» **EXERCISE AIM**: The lines to be copied are those below that contain "there".

» **INPUT FOR THIS TASK**:

######

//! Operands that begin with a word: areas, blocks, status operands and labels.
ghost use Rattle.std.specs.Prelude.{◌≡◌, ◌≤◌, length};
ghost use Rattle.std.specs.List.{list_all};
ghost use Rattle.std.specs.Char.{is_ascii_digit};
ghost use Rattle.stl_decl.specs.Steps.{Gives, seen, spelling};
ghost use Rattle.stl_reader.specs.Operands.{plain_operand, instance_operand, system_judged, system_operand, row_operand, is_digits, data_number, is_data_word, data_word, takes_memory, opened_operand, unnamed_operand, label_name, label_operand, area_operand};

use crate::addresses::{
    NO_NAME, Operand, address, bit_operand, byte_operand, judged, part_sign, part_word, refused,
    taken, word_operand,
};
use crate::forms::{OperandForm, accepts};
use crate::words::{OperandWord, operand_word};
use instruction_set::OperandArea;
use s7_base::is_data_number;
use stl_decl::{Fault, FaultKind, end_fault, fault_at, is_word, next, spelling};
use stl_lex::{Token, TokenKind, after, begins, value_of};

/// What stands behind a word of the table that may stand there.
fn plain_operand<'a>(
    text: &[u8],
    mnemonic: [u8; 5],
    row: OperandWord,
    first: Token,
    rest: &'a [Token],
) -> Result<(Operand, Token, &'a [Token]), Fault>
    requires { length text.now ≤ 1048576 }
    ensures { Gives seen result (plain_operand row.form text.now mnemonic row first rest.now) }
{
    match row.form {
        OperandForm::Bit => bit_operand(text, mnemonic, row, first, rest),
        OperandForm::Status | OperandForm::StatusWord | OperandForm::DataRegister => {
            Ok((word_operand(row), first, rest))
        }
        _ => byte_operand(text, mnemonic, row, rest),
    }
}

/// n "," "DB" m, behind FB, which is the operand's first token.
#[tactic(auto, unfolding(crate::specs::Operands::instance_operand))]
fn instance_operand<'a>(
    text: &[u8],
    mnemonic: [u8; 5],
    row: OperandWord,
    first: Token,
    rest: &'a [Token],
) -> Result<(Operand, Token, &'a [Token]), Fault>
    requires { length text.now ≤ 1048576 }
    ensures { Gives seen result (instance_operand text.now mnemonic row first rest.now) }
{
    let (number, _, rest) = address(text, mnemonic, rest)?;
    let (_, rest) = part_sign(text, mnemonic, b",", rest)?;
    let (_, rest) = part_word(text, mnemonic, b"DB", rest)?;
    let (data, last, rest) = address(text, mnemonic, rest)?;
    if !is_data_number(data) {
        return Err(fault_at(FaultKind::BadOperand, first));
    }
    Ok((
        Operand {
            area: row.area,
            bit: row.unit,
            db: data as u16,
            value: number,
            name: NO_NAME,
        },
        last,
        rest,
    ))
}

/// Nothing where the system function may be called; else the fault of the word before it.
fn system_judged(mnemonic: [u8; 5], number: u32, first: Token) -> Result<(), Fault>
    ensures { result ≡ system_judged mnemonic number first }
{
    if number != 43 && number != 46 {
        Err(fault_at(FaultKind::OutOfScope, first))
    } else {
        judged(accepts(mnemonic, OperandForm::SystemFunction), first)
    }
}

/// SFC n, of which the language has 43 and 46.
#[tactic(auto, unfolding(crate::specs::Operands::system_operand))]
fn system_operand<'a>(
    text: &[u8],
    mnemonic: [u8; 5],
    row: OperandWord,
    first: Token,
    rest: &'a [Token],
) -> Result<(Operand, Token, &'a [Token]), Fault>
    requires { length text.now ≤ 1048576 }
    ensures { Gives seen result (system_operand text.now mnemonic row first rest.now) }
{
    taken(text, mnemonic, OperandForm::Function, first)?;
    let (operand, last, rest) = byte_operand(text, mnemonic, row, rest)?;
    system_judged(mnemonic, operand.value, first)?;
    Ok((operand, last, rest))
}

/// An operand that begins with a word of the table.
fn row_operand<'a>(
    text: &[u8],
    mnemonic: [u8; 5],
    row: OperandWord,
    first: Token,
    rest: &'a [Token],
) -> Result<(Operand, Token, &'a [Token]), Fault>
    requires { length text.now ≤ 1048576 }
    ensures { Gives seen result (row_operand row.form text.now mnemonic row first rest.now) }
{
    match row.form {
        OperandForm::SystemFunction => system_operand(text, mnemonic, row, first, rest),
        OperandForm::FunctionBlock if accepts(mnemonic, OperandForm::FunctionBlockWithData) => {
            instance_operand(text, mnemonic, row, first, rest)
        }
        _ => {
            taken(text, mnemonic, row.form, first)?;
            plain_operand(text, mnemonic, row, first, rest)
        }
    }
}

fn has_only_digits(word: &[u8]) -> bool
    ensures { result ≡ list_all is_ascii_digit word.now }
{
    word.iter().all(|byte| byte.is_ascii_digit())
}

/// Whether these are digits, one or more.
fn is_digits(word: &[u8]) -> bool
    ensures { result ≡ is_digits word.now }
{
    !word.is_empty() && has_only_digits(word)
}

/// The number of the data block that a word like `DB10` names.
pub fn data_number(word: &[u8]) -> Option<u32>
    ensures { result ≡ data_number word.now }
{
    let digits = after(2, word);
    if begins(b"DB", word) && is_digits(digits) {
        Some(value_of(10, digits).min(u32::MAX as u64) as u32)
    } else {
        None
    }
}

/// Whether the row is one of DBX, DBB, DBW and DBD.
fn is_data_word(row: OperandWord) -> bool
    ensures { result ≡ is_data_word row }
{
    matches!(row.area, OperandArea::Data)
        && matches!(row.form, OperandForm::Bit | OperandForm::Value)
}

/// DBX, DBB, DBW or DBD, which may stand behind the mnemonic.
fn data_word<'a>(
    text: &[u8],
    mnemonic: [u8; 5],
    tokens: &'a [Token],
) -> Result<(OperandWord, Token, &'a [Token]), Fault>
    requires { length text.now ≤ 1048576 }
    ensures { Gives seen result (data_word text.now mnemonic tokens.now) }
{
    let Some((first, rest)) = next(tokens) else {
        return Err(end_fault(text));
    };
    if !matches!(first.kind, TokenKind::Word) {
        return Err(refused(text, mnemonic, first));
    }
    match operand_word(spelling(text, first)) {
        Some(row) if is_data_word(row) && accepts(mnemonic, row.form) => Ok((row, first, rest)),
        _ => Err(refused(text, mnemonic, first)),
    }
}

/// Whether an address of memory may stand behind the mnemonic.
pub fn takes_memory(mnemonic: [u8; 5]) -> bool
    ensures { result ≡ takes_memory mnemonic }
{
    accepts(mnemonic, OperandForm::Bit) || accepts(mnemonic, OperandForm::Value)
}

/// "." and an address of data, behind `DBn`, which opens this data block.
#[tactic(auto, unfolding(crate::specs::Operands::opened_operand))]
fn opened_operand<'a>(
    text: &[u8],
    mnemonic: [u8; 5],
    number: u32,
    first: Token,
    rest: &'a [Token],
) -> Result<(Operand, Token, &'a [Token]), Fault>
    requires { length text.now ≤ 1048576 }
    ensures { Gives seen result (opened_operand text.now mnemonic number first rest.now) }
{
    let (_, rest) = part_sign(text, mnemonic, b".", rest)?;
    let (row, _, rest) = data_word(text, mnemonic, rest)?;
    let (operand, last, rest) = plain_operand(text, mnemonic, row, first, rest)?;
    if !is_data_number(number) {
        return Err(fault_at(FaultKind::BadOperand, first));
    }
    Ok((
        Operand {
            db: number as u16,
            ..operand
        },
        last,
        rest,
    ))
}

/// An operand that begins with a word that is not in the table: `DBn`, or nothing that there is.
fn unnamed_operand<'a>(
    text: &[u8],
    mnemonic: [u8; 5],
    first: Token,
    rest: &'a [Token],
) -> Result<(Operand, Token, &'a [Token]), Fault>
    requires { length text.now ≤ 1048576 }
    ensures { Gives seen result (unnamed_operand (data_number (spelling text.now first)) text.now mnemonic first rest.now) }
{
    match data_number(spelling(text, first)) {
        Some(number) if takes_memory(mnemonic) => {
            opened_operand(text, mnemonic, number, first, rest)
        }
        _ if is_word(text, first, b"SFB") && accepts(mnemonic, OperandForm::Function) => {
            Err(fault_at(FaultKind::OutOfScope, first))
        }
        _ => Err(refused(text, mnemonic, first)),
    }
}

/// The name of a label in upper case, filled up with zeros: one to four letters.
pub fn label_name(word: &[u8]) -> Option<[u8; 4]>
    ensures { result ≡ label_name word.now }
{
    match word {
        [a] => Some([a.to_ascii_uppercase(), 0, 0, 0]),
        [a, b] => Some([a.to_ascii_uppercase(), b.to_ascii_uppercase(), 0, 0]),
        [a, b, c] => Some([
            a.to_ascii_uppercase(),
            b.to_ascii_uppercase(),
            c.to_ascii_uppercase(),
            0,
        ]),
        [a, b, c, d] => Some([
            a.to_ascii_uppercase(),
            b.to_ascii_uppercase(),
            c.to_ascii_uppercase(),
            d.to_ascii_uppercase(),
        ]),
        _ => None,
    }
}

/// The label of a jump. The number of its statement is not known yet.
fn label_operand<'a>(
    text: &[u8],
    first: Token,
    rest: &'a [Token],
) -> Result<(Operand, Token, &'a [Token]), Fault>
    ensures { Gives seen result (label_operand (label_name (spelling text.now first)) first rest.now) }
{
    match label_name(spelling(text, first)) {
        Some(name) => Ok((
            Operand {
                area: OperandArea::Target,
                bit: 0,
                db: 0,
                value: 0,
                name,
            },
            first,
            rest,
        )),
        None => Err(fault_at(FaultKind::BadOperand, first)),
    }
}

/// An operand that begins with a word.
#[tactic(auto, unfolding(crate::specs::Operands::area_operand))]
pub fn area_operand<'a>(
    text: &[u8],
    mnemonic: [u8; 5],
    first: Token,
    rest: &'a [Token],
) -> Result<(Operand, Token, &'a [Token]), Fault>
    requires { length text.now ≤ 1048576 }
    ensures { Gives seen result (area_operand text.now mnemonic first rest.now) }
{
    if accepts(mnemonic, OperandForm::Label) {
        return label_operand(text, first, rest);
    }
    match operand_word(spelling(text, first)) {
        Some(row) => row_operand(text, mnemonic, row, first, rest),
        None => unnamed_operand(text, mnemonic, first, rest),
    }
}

######

» **REPLY TO THE TASK**:
/// What stands behind a word of the table that may stand there.
/// An operand that begins with a word that is not in the table: `DBn`, or nothing that there is.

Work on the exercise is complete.